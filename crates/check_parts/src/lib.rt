//! What no clause shows of the parts that a store is made of: that their calls succeed when memory is there, and at the second
//! try where it was not, what packed codes and dictionaries are, in which form a column is kept, that a unit gives back the rows
//! that it was made of, that one built anew is as one built of its rows, and that threads which hand on one value all end.
//!
//! Nothing here is for callers. Each file tests the crate that it is named after, by public calls alone, and `values` makes the
//! values of a table of cases.
#![tactic(auto)]

#[cfg(test)]
mod bits;
#[cfg(test)]
mod codes;
#[cfg(test)]
mod column;
#[cfg(test)]
mod journal;
#[cfg(test)]
mod turn;
#[cfg(test)]
mod unit;
#[cfg(test)]
mod values;
#[cfg(test)]
mod versions;
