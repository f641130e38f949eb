//! The journal: the one history that is kept, with room that is made before an entry is added.
ghost use Rattle.std.specs.Prelude.{◌≡◌, ◌+◌, ◌^◌, ◌≤◌, ◌↔◌, [], ◌∷◌, ◌++◌, ◌<◌, length, OnOk, OnErr};
ghost use Rattle.pj_journal.specs.Log.{Log, IsFull, empty_log};
ghost use Rattle.pj_journal.specs.declared.journal.MoveFault.TheVariants as faults;

use crate::entry::Entry;
use pj_value::NoMemory;
use std::alloc::{AllocError, Global};
use std::marker::Model;
use thiserror::Error;

/// Why a move could not be made.
#[derive(Clone, Copy, Debug, PartialEq, Eq, Error)]
pub enum MoveFault {
    /// The journal holds as many entries as its limit says.
    #[error("the journal is full")]
    Full,
    /// Out of memory for one more entry.
    #[error("out of memory")]
    NoMemory,
}

impl From<AllocError> for MoveFault {
    ghost from_gives = { λ _ e. e ≡ faults.NoMemory };

    fn from(_e: AllocError) -> MoveFault {
        MoveFault::NoMemory
    }
}

impl From<NoMemory> for MoveFault {
    ghost from_gives = { λ _ e. e ≡ faults.NoMemory };

    fn from(_e: NoMemory) -> MoveFault {
        MoveFault::NoMemory
    }
}

/// The history, which only grows. Contracts see its entries, its limit, and for how many more entries room
/// was made.
#[derive(Debug, Drop)]
pub struct Journal {
    entries: Vec<Entry>,
    /// How many entries there may be. No call changes it.
    limit: u32,
    /// For how many more entries room was made: 0 or 1.
    spare: u8,
}

impl Model for Journal {
    ghost use Rattle.std.specs.Prelude.{◌+◌, ◌≤◌, length, vec_len, vec_capacity};
    ghost use Rattle.pj_journal.specs.Log.{Log};

    ghost Value = { Log };

    ghost view = { λ j. record { entries = j.entries.items; limit = j.limit; spare = j.spare } };

    ghost invariant = { λ j. (vec_len j.entries + j.spare ≤ vec_capacity j.entries)
        × (vec_len j.entries + j.spare ≤ j.limit) };
}

impl Journal {
    /// No entries, for at most `limit`. Takes no memory.
    pub fn new(alloc: Global, limit: u32) -> Journal
        ensures { result ≡ empty_log limit }
    {
        Journal {
            entries: Vec::new(alloc),
            limit,
            spare: 0,
        }
    }

    /// Makes room for one more entry, so that `add` can't fail. Takes amortised constant time.
    pub fn reserve(&mut self) -> Result<(), MoveFault>
        ensures room { OnOk result (1 ≤ self.new.spare) }
        ensures below { OnOk result (length self.old.entries < self.old.limit) }
        ensures full { (result ≡ Err MoveFault.Full) ↔ IsFull self.old }
        ensures entries { self.new.entries ≡ self.old.entries }
        ensures limit { self.new.limit ≡ self.old.limit }
        ensures same { OnErr result (self.new ≡ self.old) }
    {
        if self.entries.len() >= self.limit as usize {
            return Err(MoveFault::Full);
        }
        self.entries.reserve(1)?;
        self.spare = 1;
        Ok(())
    }

    /// Adds the entry behind the others. Room was made before, so nothing can fail here, and it takes no
    /// memory.
    pub fn add(&mut self, entry: Entry)
        requires room { 1 ≤ self.old.spare }
        ensures grown { self.new.entries ≡ self.old.entries ++ entry ∷ [] }
        ensures limit { self.new.limit ≡ self.old.limit }
    {
        self.spare = 0;
        self.entries.push(entry).unwrap();
    }

    /// The entries, in their order. Takes no memory.
    pub fn entries(&self) -> &[Entry]
        ensures entries { result.now ≡ self.now.entries }
        ensures few { length self.now.entries ≤ self.now.limit }
        ensures small { self.now.limit < 2 ^ 32 }
    {
        // A number behind a reference is known to be in its type's range once it is read: so `small` holds.
        let _limit = self.limit;
        self.entries.as_slice()
    }
}
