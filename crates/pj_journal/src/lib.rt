//! The history of a server: its entries, the catalog and the rows that they leave, and the journal that keeps
//! it.
#![tactic(auto)]

mod catalog;
mod entry;
mod journal;
mod laws;
pub mod types;

pub use catalog::TABLES;
pub use entry::{Actor, Entry, What};
pub use journal::{Journal, MoveFault};
pub use laws::{parts_are_of_blocks, parts_hold_the_rows};
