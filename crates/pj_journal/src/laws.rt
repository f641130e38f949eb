//! Laws over the definitions of this crate. Each function does nothing: its clause is the law.
ghost use Rattle.pj_journal.specs.Parts.{PartsHoldTheRows, PartsAreOfBlocks};

/// The living rows of a table's parts, one part behind the other, are its rows.
pub fn parts_hold_the_rows()
    ensures { PartsHoldTheRows }
{}

/// Each block of a table is in one part.
pub fn parts_are_of_blocks()
    ensures { PartsAreOfBlocks }
{}
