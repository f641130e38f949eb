//! An entry of the history: who did what, and for which line of the script.
use pj_expr::Table;
use pj_value::Rows;

/// Who made an entry.
#[derive(Clone, Copy, Debug, PartialEq, Eq)]
pub enum Actor {
    /// A session, by the number of its name in the script.
    Session(u32),
    /// A worker, by its number from 1. Its line is the number of its task.
    Worker(u32),
}

/// What an entry did. Tables are numbered from 0 in the order in which they were created.
#[derive(Debug, Drop)]
pub enum What {
    /// A table was created.
    Created(Table),
    /// A statement was refused.
    Refused,
    /// A SELECT looked at the table.
    Looked { table: u32 },
    /// An INSERT began.
    Begun { table: u32 },
    /// An INSERT committed its rows as the block of this number.
    Inserted { table: u32, block: u64, rows: Rows },
}

/// One entry: one move of an actor.
#[derive(Debug, Drop)]
pub struct Entry {
    pub actor: Actor,
    /// The line of the statement, also where another line ends it; of a worker the number of its task.
    pub line: u32,
    pub what: What,
}
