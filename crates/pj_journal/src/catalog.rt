//! The catalog: the tables that there are, in the order of their creation.
ghost use Rattle.std.specs.Prelude.{◌≡◌, ◌<◌, ◌≤◌, [], ◌∷◌, ◌++◌, length, OnOk, OnErr};

use pj_expr::Table;
use pj_value::NoMemory;
use std::alloc::Global;
use std::marker::Model;

/// How many tables there may be.
pub const TABLES: usize = 64;

/// The tables, at most 64, which contracts see as their list.
#[derive(Debug, Drop)]
pub struct Catalog {
    tables: Vec<Table>,
}

impl Model for Catalog {
    ghost use Rattle.std.specs.Prelude.{List};
    ghost use Rattle.pj_expr.specs.declared.table.Table.{Table};

    ghost Value = { List Table };

    ghost view = { λ c. c.tables.items };

    ghost use Rattle.std.specs.Prelude.{◌≤◌, length};

    ghost invariant = { λ c. length c.tables.items ≤ 64 };
}

impl Catalog {
    /// No tables. Takes no memory.
    pub fn new(alloc: Global) -> Catalog
        ensures { result ≡ [] }
    {
        Catalog {
            tables: Vec::new(alloc),
        }
    }

    /// The tables, in the order of their numbers. Takes no memory.
    pub fn tables(&self) -> &[Table]
        ensures tables { result.now ≡ self.now }
        ensures few { length self.now ≤ TABLES }
    {
        self.tables.as_slice()
    }

    /// Adds a table, with the next number.
    pub fn add(&mut self, table: Table) -> Result<(), NoMemory>
        requires room { length self.old < TABLES }
        ensures added { OnOk result (self.new ≡ self.old ++ table ∷ []) }
        ensures same { OnErr result (self.new ≡ self.old) }
    {
        self.tables.push(table)?;
        Ok(())
    }
}
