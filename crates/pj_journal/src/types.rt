//! The types whose names differ from a definition of this crate in the case of one letter alone.
pub use crate::catalog::Catalog;
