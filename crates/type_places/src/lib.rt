// Types by their places: the places of a list's types, found in one walk along it, and types that stand at such places.
#![tactic(auto)]

ghost use Rattle.std.specs.Prelude.{◌≡◌, ◌≤◌, length};
ghost use Rattle.type_places.specs.Arguments.{Arguments, Arguments-prop, PlacedAt};
ghost use Rattle.type_places.specs.Places.{PlacesAt, PlacedList};

use signature_token::{TypeList, TypeRef};

// Types that stand in some bytes, one at each place, as the type arguments of an instruction do.
#[derive(Clone, Copy)]
pub struct TypePlaces<'a> {
    pub bytes: &'a [u8],
    pub places: &'a [u16],
    pub ghost stand: { Arguments bytes.now places.now } by { Arguments-prop bytes.now places.now },
}

impl<'a> TypePlaces<'a> {
    // The i-th of the types, if there are so many.
    pub fn get(self, i: usize) -> Option<TypeRef<'a>>
        ensures { PlacedAt self.entry.bytes.now self.entry.places.now i result }
    {
        let at = usize::from(*self.places.get(i)?);
        Some(TypeRef {
            bytes: self.bytes,
            at,
        })
    }
}

// The places of the types, to the front of out; and where the last of them ends.
pub fn type_places(types: TypeList, out: &mut [u16]) -> usize
    requires { (types.count ≤ length out.old) × (length types.bytes.now ≤ 65536) }
    ensures { PlacesAt types.entry.bytes.now types.entry.at types.entry.count out.new result }
{
    let bytes = types.bytes;
    let mut at = types.at;
    for i in 0..types.count {
        out[i] = at as u16; // fits, which is proved: `TryFrom` would ask at run time
        at = TypeRef { bytes, at }.end();
    }
    at
}

// The types of the list by their places, which out has room for. Callers lend an array of their own, as long as a list can be: no heap is used.
pub fn placed<'a>(types: TypeList<'a>, out: &'a mut [u16]) -> TypePlaces<'a>
    requires { (types.count ≤ length out.old) × (length types.bytes.now ≤ 65536) }
    ensures { PlacedList types.entry.bytes.now types.entry.at types.entry.count result.bytes.now result.places.now }
{
    type_places(types, out);
    TypePlaces {
        bytes: types.bytes,
        places: &out[..types.count],
    }
}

────

### WORK INSTRUCTIONS
In the listing above, find the line containing "fn from(_e: AllocError)" and the line containing "No entries, for", then retype both and every line between them exactly, with nothing else.

### TASK RESPONSE
    fn from(_e: AllocError) -> MoveFault {
        MoveFault::NoMemory
    }
}

impl From<NoMemory> for MoveFault {
    ghost from_gives = { λ _ e. e ≡ faults.NoMemory };

    fn from(_e: NoMemory) -> MoveFault {
        MoveFault::NoMemory
    }
}

/// The history, which only grows. Contracts see its entries, its limit, and for how many more entries room
/// was made.
#[derive(Debug, Drop)]
pub struct Journal {
    entries: Vec<Entry>,
    /// How many entries there may be. No call changes it.
    limit: u32,
    /// For how many more entries room was made: 0 or 1.
    spare: u8,
}

impl Model for Journal {
    ghost use Rattle.std.specs.Prelude.{◌+◌, ◌≤◌, length, vec_len, vec_capacity};
    ghost use Rattle.pj_journal.specs.Log.{Log};

    ghost Value = { Log };

    ghost view = { λ j. record { entries = j.entries.items; limit = j.limit; spare = j.spare } };

    ghost invariant = { λ j. (vec_len j.entries + j.spare ≤ vec_capacity j.entries)
        × (vec_len j.entries + j.spare ≤ j.limit) };
}

impl Journal {
    /// No entries, for at most `limit`. Takes no memory.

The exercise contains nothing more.